◆ Work required ◆
Check every line of the entries below for the word "explaining". Then give the number of lines that have it, with nothing added.

Extracted data: Begin

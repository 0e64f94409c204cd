//! What follows from the definition: each function has an empty body, and its contract is a law.

ghost use Rattle.horn_clauses.specs.Laws.{ModelIsClosed, ModelIsLeast, ModelIsOne, ModelIsGrown};

/// The atoms that can be derived are closed under the clauses.
pub fn model_is_closed()
    ensures { ModelIsClosed }
{}

/// Each set of atoms that is closed under the clauses has every atom that can be derived.
pub fn model_is_least()
    ensures { ModelIsLeast }
{}

/// Two lists of marks that are the least model of the same clauses are equal.
pub fn model_is_one()
    ensures { ModelIsOne }
{}

/// The marks of the least model can be made one by one, each as the head of a clause whose body is marked by then.
pub fn model_is_grown()
    ensures { ModelIsGrown }
{}
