// The text of findings.
ghost use Rattle.std.specs.Prelude.{◌≡◌, ◌++◌, ◌≤◌, ◌-◌, OnOk, IfOk, codes, length, string_bytes, map, flat_map};
ghost use Rattle.std.specs.List.{All};
ghost use Rattle.explain_lines.specs.Steps.{IsSpotOf};
ghost use Rattle.explain_text.specs.Diagnostics.{IsInside, diagnostic_view};
ghost use Rattle.explain_text.specs.Order.{start_of};
ghost use Rattle.explain_text.specs.Texts.{counts_text, diagnostic_text, error_count, form_text, heading_text, level_style, level_text, nowhere_text, position_text, short_place, short_text, short_texts, whole_text};

use crate::diagnostics::Diagnostic;
use crate::explaining::Form;
use crate::frames::{push_frame, push_place};
use crate::note_texts::{push_notes, push_words};
use crate::source::Source;
use crate::styles::{Style, push_styled};
use explain_places::Place;
use std::alloc::{AllocError, Global};

// How bad a finding is.
fn level_text(breaks: bool) -> &'static str
    ensures { result.now ≡ level_text breaks }
{
    if breaks { "error" } else { "warning" }
}

// The style of that word, and of the marks of a finding.
fn level_style(breaks: bool) -> Style
    ensures { result ≡ level_style breaks }
{
    if breaks { Style::Error } else { Style::Warning }
}

// Adds the first line of a finding.
fn push_heading(text: &mut String, paint: bool, breaks: bool, title: &str) -> Result<(), AllocError>
    ensures { OnOk result (string_bytes text.new ≡ string_bytes text.old ++ heading_text paint breaks title.now) }
{
    push_styled(text, paint, level_style(breaks), level_text(breaks))?;
    text.push_str(": ")?;
    push_styled(text, paint, Style::Bold, title)?;
    text.push_str("\n")?;
    Ok(())
}

// Adds where a finding stands of which no place is told.
fn push_nowhere(text: &mut String, source: &Source<'_>, label: &str) -> Result<(), AllocError>
    ensures { OnOk result (string_bytes text.new
        ≡ string_bytes text.old ++ nowhere_text source.now.paint source.now.name.now label.now) }
{
    push_styled(text, source.paint, Style::Frame, "--> ")?;
    text.push_str(source.name)?;
    text.push_str("\n")?;
    push_words(text, source.paint, "note", label)?;
    Ok(())
}

// A label behind carets.
fn label_part(alloc: Global, label: &str) -> Result<String, AllocError>
    ensures { IfOk result (λ part. string_bytes part ≡ codes " " ++ label.now) }
{
    let mut part = String::from_str(alloc, " ")?;
    part.push_str(label)?;
    Ok(part)
}

// Adds where a finding stands, with what is said there.
fn push_position(
    alloc: Global,
    text: &mut String,
    source: &Source<'_>,
    one: &Diagnostic,
) -> Result<(), AllocError>
    requires right { All (IsSpotOf source.now.text.now) source.now.spots.now }
    requires within { start_of one.now.place - source.now.mark ≤ length source.now.text.now }
    ensures { OnOk result (string_bytes text.new ≡ string_bytes text.old
        ++ position_text source.now.paint source.now.name.now source.now.text.now source.now.mark
        one.now.breaks (string_bytes one.now.label) one.now.place) }
{
    let label = one.label.as_str();
    match one.place {
        Place::There(span) => {
            let part = label_part(alloc, label)?;
            push_frame(
                alloc,
                text,
                source,
                &span,
                level_style(one.breaks),
                part.as_str(),
            )?;
            Ok(())
        }
        Place::Nowhere | Place::Lost => push_nowhere(text, source, label),
    }
}

/// Adds the text of a finding beside its source: its title, its place with the line, its notes, and an empty line.
pub fn push_diagnostic(
    alloc: Global,
    text: &mut String,
    source: &Source<'_>,
    diagnostic: &Diagnostic,
) -> Result<(), AllocError>
    requires right { All (IsSpotOf source.now.text.now) source.now.spots.now }
    requires within { IsInside (length source.now.text.now) source.now.mark (diagnostic_view diagnostic.now) }
    ensures { OnOk result (string_bytes text.new ≡ string_bytes text.old
        ++ diagnostic_text source.now.paint source.now.name.now source.now.text.now source.now.mark
        (diagnostic_view diagnostic.now)) }
{
    push_heading(
        text,
        source.paint,
        diagnostic.breaks,
        diagnostic.title.as_str(),
    )?;
    push_position(alloc, text, source, diagnostic)?;
    push_notes(alloc, text, source, diagnostic.notes.as_slice())?;
    text.push_str("\n")?;
    Ok(())
}

// Adds findings, one after the other.
fn push_diagnostics(
    alloc: Global,
    text: &mut String,
    source: &Source<'_>,
    all: &[Diagnostic],
) -> Result<(), AllocError>
    requires right { All (IsSpotOf source.now.text.now) source.now.spots.now }
    requires within { All (IsInside (length source.now.text.now) source.now.mark) (map diagnostic_view all.now) }
    ensures { OnOk result (string_bytes text.new ≡ string_bytes text.old
        ++ flat_map (diagnostic_text source.now.paint source.now.name.now source.now.text.now source.now.mark)
        (map diagnostic_view all.now)) }
{
    for one in all {
        push_diagnostic(alloc, text, source, one)?;
    }
    Ok(())
}

// Whether a finding breaks a build.
fn is_error(one: &Diagnostic) -> bool
    ensures { result ≡ (diagnostic_view one.now).breaks }
{
    one.breaks
}

// How many findings break a build.
pub(crate) fn error_count(all: &[Diagnostic]) -> usize
    ensures exact { result ≡ error_count (map diagnostic_view all.now) }
    ensures few { result ≤ length all.now }
{
    let mut errors = 0;
    for one in all {
        if is_error(one) {
            errors += 1;
        }
    }
    errors
}

// Adds how many findings there are.
fn push_counts(text: &mut String, errors: usize, warnings: usize) -> Result<(), AllocError>
    ensures { OnOk result (string_bytes text.new ≡ string_bytes text.old ++ counts_text errors warnings) }
{
    write!(text, "errors: {errors}, warnings: {warnings}\n")?;
    Ok(())
}

// The text of all findings, and a last line with counts; nothing where there are none.
fn whole_text(alloc: Global, source: &Source<'_>, all: &[Diagnostic]) -> Result<String, AllocError>
    requires right { All (IsSpotOf source.now.text.now) source.now.spots.now }
    requires within { All (IsInside (length source.now.text.now) source.now.mark) (map diagnostic_view all.now) }
    ensures { IfOk result (λ text. string_bytes text ≡ whole_text source.now.paint source.now.name.now
        source.now.text.now source.now.mark (map diagnostic_view all.now)) }
{
    let mut text = String::new(alloc);
    let count = all.len();
    if count == 0 {
        return Ok(text);
    }
    push_diagnostics(alloc, &mut text, source, all)?;
    let errors = error_count(all);
    push_counts(&mut text, errors, count - errors)?;
    Ok(text)
}

// Adds the name of the file, and the line and column where a place is told.
fn push_short_place(text: &mut String, source: &Source<'_>, place: Place) -> Result<(), AllocError>
    requires right { All (IsSpotOf source.now.text.now) source.now.spots.now }
    requires within { start_of place - source.now.mark ≤ length source.now.text.now }
    ensures { OnOk result (string_bytes text.new ≡ string_bytes text.old
        ++ short_place source.now.name.now source.now.text.now source.now.mark place) }
{
    match place {
        Place::There(span) => push_place(text, source, span.from),
        Place::Nowhere | Place::Lost => text.push_str(source.name),
    }
}

// Adds a finding in one line.
fn push_short(text: &mut String, source: &Source<'_>, one: &Diagnostic) -> Result<(), AllocError>
    requires right { All (IsSpotOf source.now.text.now) source.now.spots.now }
    requires within { IsInside (length source.now.text.now) source.now.mark (diagnostic_view one.now) }
    ensures { OnOk result (string_bytes text.new ≡ string_bytes text.old
        ++ short_text source.now.paint source.now.name.now source.now.text.now source.now.mark
        (diagnostic_view one.now)) }
{
    push_short_place(text, source, one.place)?;
    text.push_str(": ")?;
    push_styled(
        text,
        source.paint,
        level_style(one.breaks),
        level_text(one.breaks),
    )?;
    text.push_str(": ")?;
    text.push_str(one.title.as_str())?;
    text.push_str(": ")?;
    text.push_str(one.label.as_str())?;
    text.push_str("\n")?;
    Ok(())
}

// All findings in one line each.
fn short_texts(alloc: Global, source: &Source<'_>, all: &[Diagnostic]) -> Result<String, AllocError>
    requires right { All (IsSpotOf source.now.text.now) source.now.spots.now }
    requires within { All (IsInside (length source.now.text.now) source.now.mark) (map diagnostic_view all.now) }
    ensures { IfOk result (λ text. string_bytes text ≡ short_texts source.now.paint source.now.name.now
        source.now.text.now source.now.mark (map diagnostic_view all.now)) }
{
    let mut text = String::new(alloc);
    for one in all {
        push_short(&mut text, source, one)?;
    }
    Ok(text)
}

// The findings in a form.
pub(crate) fn form_text(
    alloc: Global,
    form: Form,
    source: &Source<'_>,
    all: &[Diagnostic],
) -> Result<String, AllocError>
    requires right { All (IsSpotOf source.now.text.now) source.now.spots.now }
    requires within { All (IsInside (length source.now.text.now) source.now.mark) (map diagnostic_view all.now) }
    ensures { IfOk result (λ text. string_bytes text ≡ form_text form source.now.paint source.now.name.now
        source.now.text.now source.now.mark (map diagnostic_view all.now)) }
{
    match form {
        Form::Full => whole_text(alloc, source, all),
        Form::Short => short_texts(alloc, source, all),
    }
}
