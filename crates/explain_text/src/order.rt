// The findings in the order of their places.
ghost use Rattle.std.specs.Prelude.{◌≡◌, IfOk, map};
ghost use Rattle.explain_text.specs.Findings.{finding_view};
ghost use Rattle.explain_text.specs.Order.{start_of, place_of, in_file_order};

use crate::findings::Finding;
use explain_places::Place;
use std::alloc::AllocError;

// The byte with which a place begins, or the file's begin where there is none.
pub(crate) fn start_of(place: Place) -> usize
    ensures { result ≡ start_of place }
{
    match place {
        Place::There(span) => span.from,
        Place::Nowhere | Place::Lost => 0,
    }
}

impl<'r, 'a> Finding<'r, 'a> {
    // Where it stands in the order.
    fn start(&self) -> usize
        ensures { result ≡ place_of (finding_view self.now) }
    {
        start_of(self.place)
    }
}

// The findings in the order of their places; those of one place stay in their order.
pub(crate) fn in_file_order<'r, 'a>(
    mut found: Vec<Finding<'r, 'a>>,
) -> Result<Vec<Finding<'r, 'a>>, AllocError>
    ensures { IfOk result (λ sorted. map finding_view sorted.items ≡ in_file_order (map finding_view found.entry.items)) }
{
    found.sort_by_key(|finding| finding.start())?;
    Ok(found)
}
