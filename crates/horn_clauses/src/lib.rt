//! The least model of Horn clauses: which atoms hold where each clause says that an atom, its head, holds as soon as all
//! atoms of its body do.
//!
//! An atom is a number. The least model is the least set of atoms that is closed under the clauses: what can be derived
//! from clauses with an empty body, step by step, and nothing else. `Clause` is a clause and `least_model` finds the
//! model in a time that is linear in the length of the clauses (Dowling and Gallier, Linear-time algorithms for testing
//! the satisfiability of propositional Horn formulae, 1984).
//!
//! Each clause waits at one atom of its body at a time, the first that is not known to hold. When that atom comes to
//! hold the clause goes on from there, and where it comes to the end of its body its head holds. So each atom of each
//! body is looked at a bounded number of times. `laws` says what follows from the definition.
#![tactic(auto)]

mod clause;
pub mod laws;
mod model;
mod propagation;

pub use clause::Clause;
pub use model::least_model;
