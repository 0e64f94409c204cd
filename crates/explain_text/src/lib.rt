//! The findings of a report, as data and as text for people beside the lines of their source.
//!
//! A finding is a match that is not exhaustive, an arm or alternative that no value reaches, two ranges that overlap, or a
//! rule that is broken. The report gives them function by function. Each gets its place in the source by the source's
//! tokens (`specs/Findings.antt`), its title and label (`specs/Messages.antt`) and its notes (`specs/Notes.antt`).
//! [`report_diagnostics`] gives them as data, every finding once, in the order of their places (`specs/Diagnosing.antt`).
//! [`explain`] gives a text of them, plain or with colours (`specs/Texts.antt`): with their lines (`specs/Frames.antt`)
//! and a last line with counts, or in one line each.
//!
//! Nothing is taken on trust: JSON that is no report, and a place that is not in the source, are told as faults.
#![tactic(auto)]

mod describing;
mod diagnosing;
mod diagnostics;
mod explaining;
mod findings;
mod frames;
mod messages;
mod note_texts;
mod notes;
mod order;
mod shown;
mod source;
mod styles;
mod texts;

pub use diagnosing::{Fault, report_diagnostics};
pub use diagnostics::{Diagnostic, Note, NoteLevel};
pub use explaining::{Explained, Form, Manner, explain};
pub use source::{Source, mark_length};
pub use texts::push_diagnostic;
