// What a finding says: its code, its title, and its label at its place.
ghost use Rattle.std.specs.Prelude.{◌≡◌, ◌++◌, IfOk, OnOk, option_map, string_bytes, map};
ghost use Rattle.explain_text.specs.Findings.{kind_view};
ghost use Rattle.explain_text.specs.Messages.{cases_text, code_text, is_error, label_text, many_cases, named_text, others_text, part_name, pattern_word, phrase_text, place_name, quoted_text, three_cases, ticked, title_text, two_cases, uncovered_text, words_or};
ghost use Rattle.rule_texts.specs.Rules.{phrase_view};

use crate::findings::Kind;
use crate::shown::marked_part;
use explain_places::Place;
use rule_texts::{Phrase, rule_label, rule_title};
use std::alloc::{AllocError, Global};

// Whether a finding breaks a build.
pub(crate) fn is_error(kind: &Kind<'_, '_>) -> bool
    ensures { result ≡ is_error (kind_view kind.now) }
{
    match kind {
        Kind::Missing { .. } | Kind::Refused { .. } | Kind::FileRefused { .. } => true,
        Kind::Unreached { .. } | Kind::Overlap { .. } => false,
    }
}

// Adds a short name of what is found.
pub(crate) fn push_code(text: &mut String, kind: &Kind<'_, '_>) -> Result<(), AllocError>
    ensures { OnOk result (string_bytes text.new ≡ string_bytes text.old ++ code_text (kind_view kind.now)) }
{
    match kind {
        Kind::Missing { .. } => text.push_str("non-exhaustive-patterns"),
        Kind::Unreached { .. } => text.push_str("unreachable-pattern"),
        Kind::Overlap { .. } => text.push_str("overlapping-range-endpoints"),
        Kind::Refused { name, .. } => text.push_str(name),
        Kind::FileRefused { name, .. } => text.push_str(name),
    }
}

// Adds a phrase around a text.
pub(crate) fn push_quoted(
    text: &mut String,
    front: &str,
    inner: &str,
    back: &str,
) -> Result<(), AllocError>
    ensures { OnOk result (string_bytes text.new ≡ string_bytes text.old ++ quoted_text front.now inner.now back.now) }
{
    text.push_str(front)?;
    text.push_str(inner)?;
    text.push_str(back)?;
    Ok(())
}

// Adds a text as code.
fn push_ticked(text: &mut String, inner: &str) -> Result<(), AllocError>
    ensures { OnOk result (string_bytes text.new ≡ string_bytes text.old ++ ticked inner.now) }
{
    push_quoted(text, "`", inner, "`")?;
    Ok(())
}

// Adds two cases.
fn push_two(text: &mut String, a: &str, b: &str) -> Result<(), AllocError>
    ensures { OnOk result (string_bytes text.new ≡ string_bytes text.old ++ two_cases a.now b.now) }
{
    push_ticked(text, a)?;
    text.push_str(" and ")?;
    push_ticked(text, b)?;
    Ok(())
}

// Adds three cases.
fn push_three(text: &mut String, a: &str, b: &str, c: &str) -> Result<(), AllocError>
    ensures { OnOk result (string_bytes text.new ≡ string_bytes text.old ++ three_cases a.now b.now c.now) }
{
    push_ticked(text, a)?;
    text.push_str(", ")?;
    push_two(text, b, c)?;
    Ok(())
}

// Adds how many other cases there are.
fn push_others(text: &mut String, more: usize) -> Result<(), AllocError>
    ensures { OnOk result (string_bytes text.new ≡ string_bytes text.old ++ others_text more) }
{
    write!(text, " and {more} more")?;
    Ok(())
}

// Adds three cases, and how many others there are.
fn push_many(text: &mut String, a: &str, b: &str, c: &str, more: usize) -> Result<(), AllocError>
    ensures { OnOk result (string_bytes text.new ≡ string_bytes text.old ++ many_cases a.now b.now c.now more) }
{
    push_ticked(text, a)?;
    text.push_str(", ")?;
    push_ticked(text, b)?;
    text.push_str(", ")?;
    push_ticked(text, c)?;
    push_others(text, more)?;
    Ok(())
}

// Adds cases, the first three by name.
fn push_cases(text: &mut String, witnesses: &[&str]) -> Result<(), AllocError>
    ensures { OnOk result (string_bytes text.new ≡ string_bytes text.old ++ cases_text (map (λ w. w.now) witnesses.now)) }
{
    match witnesses {
        [] => text.push_str("some values"),
        [a] => push_ticked(text, a),
        [a, b] => push_two(text, a, b),
        [a, b, c] => push_three(text, a, b, c),
        [a, b, c, others @ ..] => push_many(text, a, b, c, others.len()),
    }
}

// One pattern or several.
fn pattern_word(witnesses: &[&str]) -> &'static str
    ensures { result.now ≡ pattern_word (map (λ w. w.now) witnesses.now) }
{
    match witnesses {
        [] => "",
        [_] => "pattern ",
        _ => "patterns ",
    }
}

// Adds which cases are not covered.
fn push_uncovered(text: &mut String, front: &str, witnesses: &[&str]) -> Result<(), AllocError>
    ensures { OnOk result (string_bytes text.new
        ≡ string_bytes text.old ++ uncovered_text front.now (map (λ w. w.now) witnesses.now)) }
{
    text.push_str(front)?;
    push_cases(text, witnesses)?;
    text.push_str(" not covered")?;
    Ok(())
}

// What is shown of a part of a text on its first line.
fn part_name(alloc: Global, text: &[u8], at: usize, to: usize) -> Result<String, AllocError>
    ensures { IfOk result (λ name. string_bytes name ≡ part_name text.now at to) }
{
    if at <= text.len() {
        marked_part(alloc, text, at, to)
    } else {
        Ok(String::new(alloc))
    }
}

// What is shown of a place of the file.
pub(crate) fn place_name(
    alloc: Global,
    text: &[u8],
    mark: usize,
    place: Place,
) -> Result<String, AllocError>
    ensures { IfOk result (λ name. string_bytes name ≡ place_name text.now mark place) }
{
    match place {
        Place::There(span) => part_name(
            alloc,
            text,
            span.from.saturating_sub(mark),
            span.to.saturating_sub(mark),
        ),
        Place::Nowhere | Place::Lost => Ok(String::new(alloc)),
    }
}

// Adds a phrase on what has this name.
fn push_named(text: &mut String, front: &str, name: &str, back: &str) -> Result<(), AllocError>
    ensures { OnOk result (string_bytes text.new ≡ string_bytes text.old ++ named_text front.now name.now back.now) }
{
    text.push_str(front)?;
    push_ticked(text, name)?;
    text.push_str(back)?;
    Ok(())
}

// Adds a phrase, on what has this name.
pub(crate) fn push_phrase(text: &mut String, name: &str, phrase: Phrase) -> Result<(), AllocError>
    ensures { OnOk result (string_bytes text.new
        ≡ string_bytes text.old ++ phrase_text name.now (phrase_view phrase)) }
{
    match phrase {
        Phrase::Plain(words) => text.push_str(words),
        Phrase::Named { front, back } => push_named(text, front, name, back),
    }
}

// Adds the words on what has this name, where there are some.
fn push_words(text: &mut String, name: &str, words: Option<Phrase>) -> Result<(), AllocError>
    ensures { OnOk result (string_bytes text.new
        ≡ string_bytes text.old ++ words_or name.now (option_map phrase_view words)) }
{
    match words {
        Some(phrase) => push_phrase(text, name, phrase),
        None => text.push_str("no rule has this number"),
    }
}

// Adds what is found at what has this name.
pub(crate) fn push_title(
    text: &mut String,
    name: &str,
    kind: &Kind<'_, '_>,
) -> Result<(), AllocError>
    ensures { OnOk result (string_bytes text.new ≡ string_bytes text.old ++ title_text name.now (kind_view kind.now)) }
{
    match kind {
        Kind::Missing { witnesses, .. } => {
            push_uncovered(text, "non-exhaustive patterns: ", witnesses)
        }
        Kind::Unreached { .. } => text.push_str("unreachable pattern"),
        Kind::Overlap { .. } => text.push_str("multiple patterns overlap on their endpoints"),
        Kind::Refused { rule, .. } => push_words(text, name, rule_title(*rule)),
        Kind::FileRefused { rule, .. } => push_words(text, name, rule_title(*rule)),
    }
}

// Adds what is said at its place.
pub(crate) fn push_label(
    text: &mut String,
    name: &str,
    kind: &Kind<'_, '_>,
) -> Result<(), AllocError>
    ensures { OnOk result (string_bytes text.new ≡ string_bytes text.old ++ label_text name.now (kind_view kind.now)) }
{
    match kind {
        Kind::Missing { witnesses, .. } => {
            push_uncovered(text, pattern_word(witnesses), witnesses)
        }
        Kind::Unreached { .. } => text.push_str("no value can reach this"),
        Kind::Overlap { value, .. } => {
            push_quoted(text, "this range overlaps on `", value, "`...")
        }
        Kind::Refused { rule, .. } => push_words(text, name, rule_label(*rule)),
        Kind::FileRefused { rule, .. } => push_words(text, name, rule_label(*rule)),
    }
}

Extracted data: End

◆ Result of the task ◆
3